Wednesday, March 28, 2012

Gravitation, Full Cost Pricing and Prices of Production

Franklin Serrano (Guest blogger)

Most Sraffians understand that gravitation of market prices to normal prices is much quicker than the slower, but inevitable, adaptation of capacity to demand. But other eminent Sraffians have made some confusion by wrongly identifying classical prices of production with full cost pricing.

Classical prices of production are the centre of gravitation for market prices and are determined by the costs of the dominant techniques (at the level of normal utilization of fixed capital) and the state of distribution. It is a general theory of the structural determinants and limits for the trend of market prices in all types of markets. In spite of the similar name it has little or nothing to do with “normal cost” or full cost pricing which is a generalization of the descriptions given by some firms as to how they actually calculate their own prices based on a markup over their own costs (not those of the dominant technique).
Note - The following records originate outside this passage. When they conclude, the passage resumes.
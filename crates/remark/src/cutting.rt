// A cutback and its helper: 20 and 31.
ghost use Rattle.std.specs.Prelude.{◌<◌};

use crate::{of_phase, put_allowed, put_outside};
use card::up_to;
use cutback::{ANY, MOST_BID, ROUND, cap_limits, target_limits, volume};
use layout::STATE;
use rules::Tranches;
use text::{ANSWER, put};
use view::put_form;

fn put_round(out: &mut [u8; ANSWER], at: usize, s: &[u8; STATE]) -> Option<usize> {
    let round = book::round(s);
    if round == ROUND {
        return None;
    }
    Some(put_form(
        out,
        at,
        b": this is round #, and a cutback belongs to round #",
        &[round as u64, ROUND as u64],
    ))
}

fn put_filed(out: &mut [u8; ANSWER], at: usize, s: &[u8; STATE]) -> Option<usize> {
    let b = (0..32).find(|b| book::has_filed(s, *b))?;
    Some(put_form(out, at, b": bidder & has filed", &[b as u64]))
}

fn put_product(
    out: &mut [u8; ANSWER],
    at: usize,
    s: &[u8; STATE],
    target: Tranches,
    cap: Tranches,
    last: u32,
    p: usize,
) -> Option<usize>
    requires { p < 8 }
{
    let target_allowed = target_limits(s, last, p);
    let cap_allowed = cap_limits(s, target, p);
    put_outside(
        out,
        at,
        b": product %, target #",
        &[p as u64, target.0 as u64],
        target.0 as u32,
        target_allowed,
    )
    .or_else(|| {
        put_outside(
            out,
            at,
            b": product %, cap #",
            &[p as u64, cap.0 as u64],
            cap.0 as u32,
            cap_allowed,
        )
    })
}

fn put_products(
    out: &mut [u8; ANSWER],
    at: usize,
    s: &[u8; STATE],
    targets: [Tranches; 8],
    caps: [Tranches; 8],
) -> Option<usize> {
    let mut last = ANY;
    for p in 0..book::products(s).min(8) {
        let target = targets[p];
        let said = put_product(out, at, s, target, caps[p], last, p);
        if said.is_some() {
            return said;
        }
        last = target.0 as u32;
    }
    None
}

fn put_volume(out: &mut [u8; ANSWER], at: usize, s: &[u8; STATE], targets: [Tranches; 8]) -> usize {
    let numbers = [volume(targets) as u64, book::statewide(s).0 as u64];
    put_form(
        out,
        at,
        b": # tranches in all, and the statewide cap is #",
        &numbers,
    )
}

// The first in this order; what is left is the volume.
fn put_condition(
    out: &mut [u8; ANSWER],
    at: usize,
    s: &[u8; STATE],
    targets: [Tranches; 8],
    caps: [Tranches; 8],
) -> usize {
    put_round(out, at, s)
        .or_else(|| put_filed(out, at, s))
        .or_else(|| put_products(out, at, s, targets, caps))
        .unwrap_or_else(|| put_volume(out, at, s, targets))
}

pub fn of_cutback(
    out: &mut [u8; ANSWER],
    at: usize,
    n: u8,
    s: &[u8; STATE],
    targets: [Tranches; 8],
    caps: [Tranches; 8],
) -> usize {
    if n == 20 {
        return put_condition(out, at, s, targets, caps);
    }
    of_phase(out, at, n, s)
}

pub fn of_volume(out: &mut [u8; ANSWER], at: usize, n: u8, bid: u32, ratio: u32) -> usize {
    if n != 31 {
        return at;
    }
    if ratio == 0 {
        return put(out, at, b": the ratio is 0");
    }
    let numbers = [bid as u64];
    let a = put_form(out, at, b": # bid", &numbers);
    put_allowed(out, a, up_to(MOST_BID))
}
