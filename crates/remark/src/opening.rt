// A setting outside its limits: 15.
use crate::{of_phase, put_allowed};
use layout::STATE;
use rules::{Settings, Setup};
use settings::{What, fault_of, setup_of};
use text::ANSWER;
use view::put_form;

// The first that is not allowed. Counts that are outside their limits are not said: no line of the desk has them.
fn put_setting(out: &mut [u8; ANSWER], at: usize, t: Setup) -> usize {
    if 8 < t.terms.products {
        return at;
    }
    let f = fault_of(t);
    if !f.found {
        return at;
    }
    let given = [f.given as u64];
    let placed = [f.at as u64, f.given as u64];
    let what = f.what;
    let a = match what {
        What::Target => put_form(out, at, b": product %, target #", &placed),
        What::Cap => put_form(out, at, b": product %, cap #", &placed),
        What::Start => put_form(out, at, b": product %, starting price #", &placed),
        What::Statewide => put_form(out, at, b": statewide cap #", &given),
        What::Eligibility => put_form(out, at, b": bidder &, eligibility #", &placed),
        What::Percentage => put_form(out, at, b": row #, percentage #", &placed),
        What::Decrement => put_form(out, at, b": row #, decrement #", &placed),
    };
    let allowed = f.allowed;
    put_allowed(out, a, allowed)
}

pub fn of_opening(
    out: &mut [u8; ANSWER],
    at: usize,
    n: u8,
    s: &[u8; STATE],
    given: Settings,
) -> usize {
    if n == 15 {
        return put_setting(out, at, setup_of(given));
    }
    of_phase(out, at, n, s)
}
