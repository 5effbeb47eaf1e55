// 12: the first lot of a product that is against it, and what would be allowed there.
ghost use Rattle.std.specs.Prelude.{◌≡◌, ◌<◌, not, is_some, IfSome};
ghost use Rattle.rules.specs.Lots.{exits_fit};

use crate::put_allowed;
use bids::exit_limits;
use layout::STATE;
use rules::{Limits, Lot, Lots};
use text::ANSWER;
use view::put_form;

// The place of that lot, 0 to 3; none where number 12 is not given. By the tests of `Lots::exits_fit`, lot by lot.
fn first_wrong(l: Lots, p: u32, q: u32) -> Option<usize>
    ensures found { is_some result ≡ not (exits_fit p q l) }
    ensures small { IfSome result (λ k. k < 4) }
{
    if !(l.one.leads() & l.one.exit_fits(p, q)) {
        return Some(0);
    }
    if !(l.two.follows(l.one) & l.two.exit_fits(p, q)) {
        return Some(1);
    }
    if !(l.three.follows(l.two) & l.three.exit_fits(p, q)) {
        return Some(2);
    }
    if !(l.four.follows(l.three) & l.four.exit_fits(p, q)) {
        return Some(3);
    }
    None
}

// An unused lot with a price.
fn put_unused(out: &mut [u8; ANSWER], at: usize, p: u64, i: u64, lot: Lot) -> usize {
    let numbers = [p, i, lot.exit as u64];
    put_form(
        out,
        at,
        b": product %, lot #, exit # where nothing is withdrawn; 0 is allowed",
        &numbers,
    )
}

// What the exit price of a used lot behind another may be: above that one's, which is above p already, and at most q.
fn above(last: Lot, q: u32) -> Limits {
    Limits {
        least: last.exit.wrapping_add(1),
        most: q,
    }
}

// A used lot that does not go with the one before it.
fn put_after(
    out: &mut [u8; ANSWER],
    at: usize,
    p: u64,
    i: u64,
    lot: Lot,
    last: Lot,
    q: u32,
) -> usize {
    let before = i.wrapping_sub(1);
    if last.count.0 == 0 {
        let numbers = [p, i, before];
        return put_form(
            out,
            at,
            b": product %, lot # where lot # is unused; used lots come first",
            &numbers,
        );
    }
    let numbers = [p, i, lot.exit as u64, before, last.exit as u64];
    let a = put_form(
        out,
        at,
        b": product %, lot #, exit # where lot # has #",
        &numbers,
    );
    put_allowed(out, a, above(last, q))
}

pub fn put_exit(out: &mut [u8; ANSWER], at: usize, s: &[u8; STATE], p: usize, l: Lots) -> usize
    requires { p < 8 }
{
    let price = book::price(s, p);
    let before = book::before(s, p);
    let low = price.amount();
    let high = before.amount();
    let Some(k) = first_wrong(l, low, high) else {
        return at;
    };
    let lot = l.at(k);
    let i = k as u64 + 1;
    if lot.count.0 == 0 {
        return put_unused(out, at, p as u64, i, lot);
    }
    let mut allowed = exit_limits(price, before);
    if 0 < k {
        let last = l.at(k - 1);
        if (last.count.0 == 0) | lot.exit_fits(low, high) {
            return put_after(out, at, p as u64, i, lot, last, high);
        }
        allowed = above(last, high);
    }
    let numbers = [p as u64, i, lot.exit as u64, low as u64, high as u64];
    let a = put_form(
        out,
        at,
        b": product %, lot #, exit # where # is the price and # the price before",
        &numbers,
    );
    put_allowed(out, a, allowed)
}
First of all, there is obvious fact that the theory of prices of production was developed in a historical period in which such these pricing rules simply did not exist (see Hicks’ Market Theory of Money, 1989). And prices of production can still explain, in my view, the structural or trend element even in markets with highly flexible prices subject to wild short run fluctuations and rampant speculation, as in the so-called “commodity” markets (in Garegnani’s comment on Asimakopulos he explicitly mentions the importance of explaining the trend of the relative price of copper even though “at any one time copper prices are 50% or more above or below trend”)

Second, even in the so called fix price markets, were firms set the prices of their products directly, the full or "normal cost" that particular firms use to calculate their own price is the actual cost of these particular firms and the markup these particular firms think they can add to prices without trouble. These calculations generate actual market prices or (if stylized enough to have some generality short run theoretical prices) that are not unique even for a single market as the full cost prices can be different for different firms. These prices differ from prices of production because they refer to the actual costs of some firms and not the costs of the dominant technique available. For that particular product that determines a single price of production for that market.
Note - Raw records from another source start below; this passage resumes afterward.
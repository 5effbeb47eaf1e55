// `calculate D0 D1 .. override PRODUCT POINTS .. order P0 P1 ..`
ghost use Rattle.std.specs.Prelude.{◌≡◌, replicate};
ghost use Rattle.rules.specs.Round.{not_chosen};
ghost use Rattle.asked.specs.Typed.{typed_at};
ghost use Rattle.asked.specs.Overrides.{points_at, overrides_from};

use crate::numbers::{Numbers, all_numbers, rest, take_numbers, too_large, two_bytes, unless};
use check::same;
use rules::BasisPoints;
use text::{ANSWER, Cursor, Take, take_number, word, wrong};

// What stands where a decrement belongs.
#[derive(Clone, Copy)]
pub enum Points {
    Given(u16, Cursor),
    NotANumber(usize),
    End,
}

// A decrement of any number of digits; one that 16 bits do not hold becomes the largest that they hold, as two_bytes has it.
fn take_points(line: &[u8], c: Cursor) -> Points
    ensures { result ≡ points_at line.now c }
{
    match take_number(line, c) {
        Take::Number(n, next) => Points::Given(two_bytes(n), next),
        Take::TooLarge(_) => {
            let w = word(line, c);
            Points::Given(65535, Cursor { at: w.to })
        }
        Take::NotANumber(p) => Points::NotANumber(p),
        Take::End => Points::End,
    }
}

fn missing(at: usize, out: &mut [u8; ANSWER]) -> usize {
    wrong(
        out,
        b"an override is a product and its basis points; a number is missing",
        at,
    )
}

fn no_product(at: usize, out: &mut [u8; ANSWER]) -> usize {
    wrong(out, b"products are numbered 0 to 7", at)
}

// The draw's length, the overrides and the length of the order, 0 where none is given, and 0 where all is well; otherwise the length of the
// error that is in the answer.
#[derive(Clone, Copy)]
pub struct Drawn {
    pub said: usize,
    pub count: usize,
    pub overrides: [Option<BasisPoints>; 8],
    pub ordered: usize,
}

fn none_chosen() -> [Option<BasisPoints>; 8]
    ensures { result ≡ replicate 8 not_chosen }
{
    [None; 8]
}

// ---- The order of the products

// The next word begins an order.
fn is_order(line: &[u8], c: Cursor) -> bool {
    let w = word(line, c);
    same(&line[w.from..w.to], b"order")
}

// The products up to the end of a line, one at least, as a draw's bidders are taken; the word before them stands at `key`.
fn order(
    line: &[u8],
    c: Cursor,
    key: usize,
    products: &mut [u32; 40],
    out: &mut [u8; ANSWER],
) -> Numbers
    ensures { products.new ≡ (typed_at line.now c 40 products.old).numbers }
{
    match all_numbers(line, c, 40, products, out) {
        Numbers::Found(0) => Numbers::Said(wrong(
            out,
            b"an order has every product once; a number is missing",
            key,
        )),
        numbers => numbers,
    }
}

// What stands after a draw of so many numbers and its overrides: nothing, or an order.
fn at_end(
    line: &[u8],
    c: Cursor,
    count: usize,
    products: &mut [u32; 40],
    out: &mut [u8; ANSWER],
) -> Numbers {
    if is_order(line, c) {
        let w = word(line, c);
        return order(line, Cursor { at: w.to }, w.from, products, out);
    }
    unless(rest(line, c, count, 40, out), 0)
}

// All of a line, where what comes before its end is not wrong already.
fn ended(
    line: &[u8],
    c: Cursor,
    said: usize,
    count: usize,
    overrides: [Option<BasisPoints>; 8],
    products: &mut [u32; 40],
    out: &mut [u8; ANSWER],
) -> Drawn
    ensures { result.overrides ≡ overrides }
{
    let end = if said == 0 {
        at_end(line, c, count, products, out)
    } else {
        Numbers::Said(said)
    };
    let (said, ordered) = match end {
        Numbers::Found(ordered) => (0, ordered),
        Numbers::Said(said) => (said, 0),
    };
    Drawn {
        said,
        count,
        overrides,
        ordered,
    }
}

// ---- The overrides

// Another word than a number, after the override at `at`: where it begins an order, a number is missing before it.
fn no_number(line: &[u8], q: usize, at: usize, out: &mut [u8; ANSWER]) -> usize {
    if is_order(line, Cursor { at: q }) {
        return missing(at, out);
    }
    wrong(out, b"not a number", q)
}

// The same where n pairs are whole: after one of them an order may begin.
fn no_pair(line: &[u8], q: usize, n: usize, key: usize, out: &mut [u8; ANSWER]) -> usize {
    if (0 < n) & is_order(line, Cursor { at: q }) {
        return 0;
    }
    no_number(line, q, key, out)
}

// The overrides and the place after them, and 0 where they were given; otherwise the length of the error.
#[derive(Clone, Copy)]
pub struct Pairs {
    said: usize,
    overrides: [Option<BasisPoints>; 8],
    next: Cursor,
}

// The pairs up to an order or the end of a line, one at least; the word before them stands at `key`. The first word that is wrong is said.
// A ninth pair has the product of another.
fn overrides(line: &[u8], c: Cursor, key: usize, out: &mut [u8; ANSWER]) -> Pairs
    ensures { result.overrides ≡ overrides_from line.now c 9 (replicate 8 not_chosen) }
{
    let mut overrides = none_chosen();
    let mut said: usize = 0;
    let mut at = c;
    for n in 0..9 {
        match take_number(line, at) {
            Take::Number(p, next) => {
                let first = word(line, at).from;
                if 7 < p {
                    said = no_product(first, out);
                    break;
                }
                let k = p as usize;
                let earlier = overrides[k];
                if earlier.is_some() {
                    said = wrong(out, b"a product has one override", first);
                    break;
                }
                match take_points(line, next) {
                    Points::Given(points, after) => {
                        overrides[k] = Some(BasisPoints(points));
                        at = after;
                    }
                    Points::NotANumber(q) => {
                        said = no_number(line, q, first, out);
                        break;
                    }
                    Points::End => {
                        said = missing(first, out);
                        break;
                    }
                }
            }
            Take::TooLarge(q) => {
                said = no_product(q, out);
                break;
            }
            Take::NotANumber(q) => {
                said = no_pair(line, q, n, key, out);
                break;
            }
            Take::End => {
                if n == 0 {
                    said = missing(key, out);
                }
                break;
            }
        }
    }
    Pairs {
        said,
        overrides,
        next: at,
    }
}

// The overrides after a draw of so many numbers, and what stands after them.
fn overridden(
    line: &[u8],
    c: Cursor,
    key: usize,
    count: usize,
    products: &mut [u32; 40],
    out: &mut [u8; ANSWER],
) -> Drawn
    ensures { result.overrides ≡ overrides_from line.now c 9 (replicate 8 not_chosen) }
{
    let pairs = overrides(line, c, key, out);
    let overrides = pairs.overrides;
    let next = pairs.next;
    ended(line, next, pairs.said, count, overrides, products, out)
}

// What stands after a draw of so many numbers: overrides, or none of them.
fn after_draw(
    line: &[u8],
    c: Cursor,
    count: usize,
    products: &mut [u32; 40],
    out: &mut [u8; ANSWER],
) -> Drawn {
    let w = word(line, c);
    if same(&line[w.from..w.to], b"override") {
        return overridden(line, Cursor { at: w.to }, w.from, count, products, out);
    }
    ended(line, c, 0, count, none_chosen(), products, out)
}

// A draw, 40 numbers at most, and after it the overrides and the order of the products.
pub fn draw(
    line: &[u8],
    c: Cursor,
    numbers: &mut [u32; 40],
    products: &mut [u32; 40],
    out: &mut [u8; ANSWER],
) -> Drawn
    ensures { numbers.new ≡ (typed_at line.now c 40 numbers.old).numbers }
{
    match take_numbers(line, c, 0, 40, numbers) {
        Ok((n, next)) => after_draw(line, next, n as usize, products, out),
        Err(p) => Drawn {
            said: too_large(p, out),
            count: 0,
            overrides: none_chosen(),
            ordered: 0,
        },
    }
}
The way prices of production may regulate the full cost prices of firms is by getting them in trouble whenever their actual costs plus their desired markups are too high relative to the costs (including normal profits) of the dominant technique, thereby attracting new entrants or cause some rival firms inside that market not to follow price rises that are due to increase in costs particular to that firm or “excessive” desired markups of these firms.

Professors Fred Lee and Marc Lavoie are both absolutely right and some Sraffians wrong in saying that full cost pricing is NOT the same thing as the classical theory of prices of production. Where I think they are definitely wrong is in thinking that classical prices of production are thus irrelevant for market forms in which firms follow such rules. For, through the power of actual or potential competition, the classical prices of production are the centers of gravitation that regulate even the trend of the prices of firms that practice full cost pricing. The closest analogy between classical prices of production and the industrial organization literature is thus the concept that Sylos-Labini called “limit” prices.
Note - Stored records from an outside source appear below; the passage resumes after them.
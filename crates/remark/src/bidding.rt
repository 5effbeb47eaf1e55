// The rules of a bid, and the card that brings it: 4 to 13.
ghost use Rattle.std.specs.Prelude.{◌<◌};
ghost use Rattle.book.specs.Lent.{Lent};

use crate::cards::of_read;
use crate::exits::put_exit;
use crate::of_phase;
use crate::phases::put_bidder;
use bids::{Kept, Sums, numbers_of, reduction, tally_of};
use layout::STATE;
use rules::{Bid, Line, Record};
use text::ANSWER;
use view::put_form;

// ---- The first product that breaks a rule

// Product p by itself.
fn kept_on(s: &[u8; STATE], ticks: &[u8; 8], b: usize, lines: [Line; 8], p: usize) -> Kept
    requires { (b < 32) × (p < 8) }
{
    Kept::at_first().with(
        book::record(s, b * 8 + p),
        lines[p],
        book::cap(s, p),
        ticks[p] == 1,
        book::price(s, p),
        book::before(s, p),
    )
}

// Whether the rule of a number is broken there; 13 goes by whether something is switched.
fn breaks(kept: Kept, n: u8, switched: bool) -> bool {
    match n {
        8 => !kept.caps,
        9 => !kept.ticks,
        11 => !kept.leaves,
        12 => !kept.exits,
        13 => { if switched { !kept.others } else { !kept.plain } }
        _ => false,
    }
}

// ---- What is said of it

// 8
fn put_cap(
    out: &mut [u8; ANSWER],
    at: usize,
    s: &[u8; STATE],
    p: usize,
    r: Record,
    l: Line,
) -> usize
    requires { p < 8 }
{
    let numbers = [
        p as u64,
        l.tranches.0 as u64,
        r.denied.0 as u64,
        r.retained.total() as u64,
        book::cap(s, p).0 as u64,
    ];
    put_form(out, at, b": product %, # + # + # against #", &numbers)
}

// 9
fn put_reduced(out: &mut [u8; ANSWER], at: usize, p: usize, r: Record, l: Line) -> usize {
    let going = r.going.0 as u64;
    let numbers = [p as u64, l.tranches.0 as u64, going, going];
    put_form(
        out,
        at,
        b": product %, # bid where # are going; # or more are allowed",
        &numbers,
    )
}

// 11, of one product
fn put_leaving(out: &mut [u8; ANSWER], at: usize, p: usize, r: Record, l: Line) -> usize {
    let reduced = reduction(r, l) as u64;
    let withdrawn = l.withdrawn.total() as u64;
    let numbers = [p as u64, withdrawn, reduced, reduced];
    put_form(
        out,
        at,
        b": product %, # withdrawn where the reduction is #; at most # are allowed",
        &numbers,
    )
}

// 13, of one product
fn put_priority(out: &mut [u8; ANSWER], at: usize, p: usize, l: Line, switched: bool) -> usize {
    let numbers = [p as u64, l.priority as u64];
    if switched {
        return put_form(
            out,
            at,
            b": product %, priority # where nothing is increased; 0 is allowed",
            &numbers,
        );
    }
    put_form(
        out,
        at,
        b": product %, priority # where nothing is switched; 0 is allowed",
        &numbers,
    )
}

fn put_product(
    out: &mut [u8; ANSWER],
    at: usize,
    n: u8,
    s: &[u8; STATE],
    b: usize,
    l: Line,
    p: usize,
    switched: bool,
) -> usize
    requires { (b < 32) × (p < 8) }
{
    let r = book::record(s, b * 8 + p);
    match n {
        8 => put_cap(out, at, s, p, r, l),
        9 => put_reduced(out, at, p, r, l),
        11 => put_leaving(out, at, p, r, l),
        12 => put_exit(out, at, s, p, l.withdrawn),
        13 => put_priority(out, at, p, l, switched),
        _ => at,
    }
}

fn put_products(
    out: &mut [u8; ANSWER],
    at: usize,
    n: u8,
    s: &[u8; STATE],
    ticks: &[u8; 8],
    b: usize,
    lines: [Line; 8],
    switched: bool,
) -> Option<usize>
    requires { b < 32 }
{
    for p in 0..book::products(s).min(8) {
        if breaks(kept_on(s, ticks, b, lines, p), n, switched) {
            return Some(put_product(out, at, n, s, b, lines[p], p, switched));
        }
    }
    None
}

// ---- The sums

// 10
fn put_bid(out: &mut [u8; ANSWER], at: usize, x: Sums, f: u32) -> usize {
    let numbers = [
        x.bid as u64,
        x.going as u64,
        f as u64,
        x.going as u64 + f as u64,
    ];
    put_form(
        out,
        at,
        b": # bid in all where # are going and # is free; at most # are allowed",
        &numbers,
    )
}

// 11, of all products
fn put_withdrawn(out: &mut [u8; ANSWER], at: usize, x: Sums, switches: u32) -> usize {
    let numbers = [
        x.withdrawn as u64,
        x.reduced as u64,
        switches as u64,
        x.withdrawals(switches) as u64,
    ];
    put_form(
        out,
        at,
        b": # withdrawn in all where # are reduced and # is switched; exactly # are allowed",
        &numbers,
    )
}

// 13: the first number that is not given once
fn put_numbered(
    out: &mut [u8; ANSWER],
    at: usize,
    s: &[u8; STATE],
    b: usize,
    lines: [Line; 8],
    rising: u32,
) -> usize
    requires { Lent s.now × (b < 32) }
{
    let counts = numbers_of(s, b, lines);
    let k = rising as u64;
    for i in 1..=rising.min(8) as usize {
        if counts[i] != 1 {
            let numbers = [k, k, i as u64, counts[i] as u64];
            return put_form(
                out,
                at,
                b": # products are increased, to be numbered 1 to # once each; # is given # times",
                &numbers,
            );
        }
    }
    at
}

// 8 to 13: the first product that breaks the rule, and where there is none what the sums say.
fn put_rule(
    out: &mut [u8; ANSWER],
    at: usize,
    n: u8,
    s: &[u8; STATE],
    b: usize,
    lines: [Line; 8],
) -> usize
    requires { Lent s.now × (b < 32) }
{
    let ticks = held::ticks(s);
    let x = tally_of(s, &ticks, b, lines).sums;
    let f = book::free(s, b).0 as u32;
    let switches = x.switches(f);
    let switched = 0 < switches;
    if let Some(to) = put_products(out, at, n, s, &ticks, b, lines, switched) {
        return to;
    }
    match n {
        10 => put_bid(out, at, x, f),
        11 => put_withdrawn(out, at, x, switches),
        13 => put_numbered(out, at, s, b, lines, x.rising),
        _ => at,
    }
}

// ---- The card

// For counts that the sections have room for, as those of a standing state.
fn put_judged(
    out: &mut [u8; ANSWER],
    at: usize,
    n: u8,
    s: &[u8; STATE],
    bidder: u8,
    lines: [Line; 8],
) -> usize {
    let b = bidder as usize;
    if 8 < book::products(s) || 32 < book::bidders(s) || 8 < book::rows(s) || 31 < b {
        return at;
    }
    put_rule(out, at, n, s, b, lines)
}

fn of_bid(
    out: &mut [u8; ANSWER],
    at: usize,
    n: u8,
    s: &[u8; STATE],
    bidder: u8,
    round: u16,
    lines: [Line; 8],
) -> usize {
    let numbers = [round as u64, book::round(s) as u64];
    match n {
        6 => put_bidder(out, at, s, bidder),
        7 => put_form(
            out,
            at,
            b": the card is of round #, and this is round #",
            &numbers,
        ),
        8..=13 => put_judged(out, at, n, s, bidder, lines),
        _ => of_phase(out, at, n, s),
    }
}

pub fn of_card(out: &mut [u8; ANSWER], at: usize, n: u8, s: &[u8; STATE], card: &[u8]) -> usize {
    let products = book::products(s);
    let got = card::read(card, products);
    let lines = got.lines;
    let answer = got.card;
    match answer {
        Err(e) => {
            if n == e.number() {
                of_read(out, at, n, card, products)
            } else {
                of_phase(out, at, n, s)
            }
        }
        Ok(Bid { bidder, round }) => of_bid(out, at, n, s, bidder, round, lines),
    }
}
So market prices in both fix and flex price markets gravitate, towards or around classical prices of production. Any theory of full cost pricing can at best be a particular theory of short run price behavior of some firms in particular types of markets. There are old papers by James Clifton that started this confusion many years ago in Contributions to Political Economy and the Cambridge Journal of Economics. It is about time we stop confusing ourselves and our post Keynesian friends on this issue.

References:

Lavoie, M. (2003), “Kaleckian Effective Demand and Sraffian Normal Prices: Towards a reconciliation,” Review of Political Economy, 15(1) available here.

Lee, F. and T-H. Jo (2011) “Social Surplus Approach and Heterodox Economics,” Journal of Economic Issues, 45(4) available here.

Garegnani, P. (1988), “Actual and Normal Magnitudes: A Comment on Asimakopulos,” Political Economy, republished in Essays on Piero Sraffa: Critical Perspectives on the Revival of Classical Theory, Routledge, 1990.